Give back the whole listing exactly as shown.

****************

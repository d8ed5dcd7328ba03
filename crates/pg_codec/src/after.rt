//! What is left of a body after a value that isn't made: no memory is taken.

ghost use Rattle.std.specs.Prelude.{◌≡◌, option_copied};
ghost use Rattle.std.specs.Int.{w32};
ghost use Rattle.pg_codec.specs.Private.Reader.{choice_at, copy_head_at, counted_at, name_at};
ghost use Rattle.pg_codec.specs.Private.Reader.{signed_at, status_of_byte, string_at};
ghost use Rattle.pg_codec.specs.Private.Reader.{terminated_at, times_at};
ghost use Rattle.pg_codec.specs.Private.Lent.{left_after};

use crate::field::ReadField;
use crate::reader::{after_zero, binary_at, i32_at, status_at, u16_at, zero_place};

/// The bytes after an Int32.
pub fn after_i32(bytes: &[u8]) -> Option<&[u8]>
    ensures { option_copied result ≡ left_after (signed_at w32 bytes.now) }
{
    match i32_at(bytes) {
        Ok((_, rest)) => Some(rest),
        Err(_) => None,
    }
}

/// The bytes after a String.
pub fn after_text(bytes: &[u8]) -> Option<&[u8]>
    ensures { option_copied result ≡ left_after (string_at bytes.now) }
{
    let end = zero_place(bytes)?;
    let (_, rest) = bytes.split_at(end + 1);
    Some(rest)
}

/// The bytes after a String that isn't empty.
pub fn after_name(bytes: &[u8]) -> Option<&[u8]>
    ensures { option_copied result ≡ left_after (name_at bytes.now) }
{
    let end = zero_place(bytes)?;
    if end == 0 {
        return None;
    }
    let (_, rest) = bytes.split_at(end + 1);
    Some(rest)
}

/// The bytes after a transaction status.
pub fn after_status(bytes: &[u8]) -> Option<&[u8]>
    ensures { option_copied result ≡ left_after (choice_at status_of_byte bytes.now) }
{
    match status_at(bytes) {
        Ok((_, rest)) => Some(rest),
        Err(_) => None,
    }
}

/// The bytes after so many fields. None where they aren't all there.
pub fn after_times<T: ReadField>(count: u16, bytes: &[u8]) -> Option<&[u8]>
    ensures { option_copied result ≡ left_after (times_at T.reading count bytes.now) }
{
    let mut rest = bytes;
    for _ in 0..count {
        rest = T::after(rest)?;
    }
    Some(rest)
}

/// The bytes after a list that stands after its count.
#[tactic(auto, unfolding(crate::specs::Private::Reader::counted_at))]
pub fn after_counted<T: ReadField>(bytes: &[u8]) -> Option<&[u8]>
    ensures { option_copied result ≡ left_after (counted_at T.reading bytes.now) }
{
    match u16_at(bytes) {
        Ok((count, rest)) => after_times::<T>(count, rest),
        Err(_) => None,
    }
}

/// The bytes after a list and the zero byte that closes it.
#[tactic(auto, unfolding(crate::specs::Private::Reader::terminated_at))]
pub fn after_terminated<T: ReadField>(bytes: &[u8]) -> Option<&[u8]>
    ensures { option_copied result ≡ left_after (terminated_at T.reading bytes.now) }
{
    let mut rest = bytes;
    for _ in 0..bytes.len() {
        if let Some(end) = after_zero(rest) {
            return Some(end);
        }
        rest = T::after(rest)?;
    }
    None
}

/// The bytes after what begins a copy.
#[tactic(auto, unfolding(crate::specs::Private::Reader::copy_head_at))]
pub fn after_copy_head(bytes: &[u8]) -> Option<&[u8]>
    ensures { option_copied result ≡ left_after (copy_head_at bytes.now) }
{
    match binary_at(bytes) {
        Ok((_, rest)) => after_counted::<i16>(rest),
        Err(_) => None,
    }
}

****************

**SOLUTION**
repository d8ed5dcd7328ba03
filename crates/pg_codec/src/after.rt
//! What is left of a body after a value that isn't made: no memory is taken.

ghost use Rattle.std.specs.Prelude.{◌≡◌, option_copied};
ghost use Rattle.std.specs.Int.{w32};
ghost use Rattle.pg_codec.specs.Private.Reader.{choice_at, copy_head_at, counted_at, name_at};
ghost use Rattle.pg_codec.specs.Private.Reader.{signed_at, status_of_byte, string_at};
ghost use Rattle.pg_codec.specs.Private.Reader.{terminated_at, times_at};
ghost use Rattle.pg_codec.specs.Private.Lent.{left_after};

use crate::field::ReadField;
use crate::reader::{after_zero, binary_at, i32_at, status_at, u16_at, zero_place};

/// The bytes after an Int32.
pub fn after_i32(bytes: &[u8]) -> Option<&[u8]>
    ensures { option_copied result ≡ left_after (signed_at w32 bytes.now) }
{
    match i32_at(bytes) {
        Ok((_, rest)) => Some(rest),
        Err(_) => None,
    }
}

/// The bytes after a String.
pub fn after_text(bytes: &[u8]) -> Option<&[u8]>
    ensures { option_copied result ≡ left_after (string_at bytes.now) }
{
    let end = zero_place(bytes)?;
    let (_, rest) = bytes.split_at(end + 1);
    Some(rest)
}

/// The bytes after a String that isn't empty.
pub fn after_name(bytes: &[u8]) -> Option<&[u8]>
    ensures { option_copied result ≡ left_after (name_at bytes.now) }
{
    let end = zero_place(bytes)?;
    if end == 0 {
        return None;
    }
    let (_, rest) = bytes.split_at(end + 1);
    Some(rest)
}

/// The bytes after a transaction status.
pub fn after_status(bytes: &[u8]) -> Option<&[u8]>
    ensures { option_copied result ≡ left_after (choice_at status_of_byte bytes.now) }
{
    match status_at(bytes) {
        Ok((_, rest)) => Some(rest),
        Err(_) => None,
    }
}

/// The bytes after so many fields. None where they aren't all there.
pub fn after_times<T: ReadField>(count: u16, bytes: &[u8]) -> Option<&[u8]>
    ensures { option_copied result ≡ left_after (times_at T.reading count bytes.now) }
{
    let mut rest = bytes;
    for _ in 0..count {
        rest = T::after(rest)?;
    }
    Some(rest)
}

/// The bytes after a list that stands after its count.
#[tactic(auto, unfolding(crate::specs::Private::Reader::counted_at))]
pub fn after_counted<T: ReadField>(bytes: &[u8]) -> Option<&[u8]>
    ensures { option_copied result ≡ left_after (counted_at T.reading bytes.now) }
{
    match u16_at(bytes) {
        Ok((count, rest)) => after_times::<T>(count, rest),
        Err(_) => None,
    }
}

/// The bytes after a list and the zero byte that closes it.
#[tactic(auto, unfolding(crate::specs::Private::Reader::terminated_at))]
pub fn after_terminated<T: ReadField>(bytes: &[u8]) -> Option<&[u8]>
    ensures { option_copied result ≡ left_after (terminated_at T.reading bytes.now) }
{
    let mut rest = bytes;
    for _ in 0..bytes.len() {
        if let Some(end) = after_zero(rest) {
            return Some(end);
        }
        rest = T::after(rest)?;
    }
    None
}

/// The bytes after what begins a copy.
#[tactic(auto, unfolding(crate::specs::Private::Reader::copy_head_at))]
pub fn after_copy_head(bytes: &[u8]) -> Option<&[u8]>
    ensures { option_copied result ≡ left_after (copy_head_at bytes.now) }
{
    match binary_at(bytes) {
        Ok((_, rest)) => after_counted::<i16>(rest),
        Err(_) => None,
    }
}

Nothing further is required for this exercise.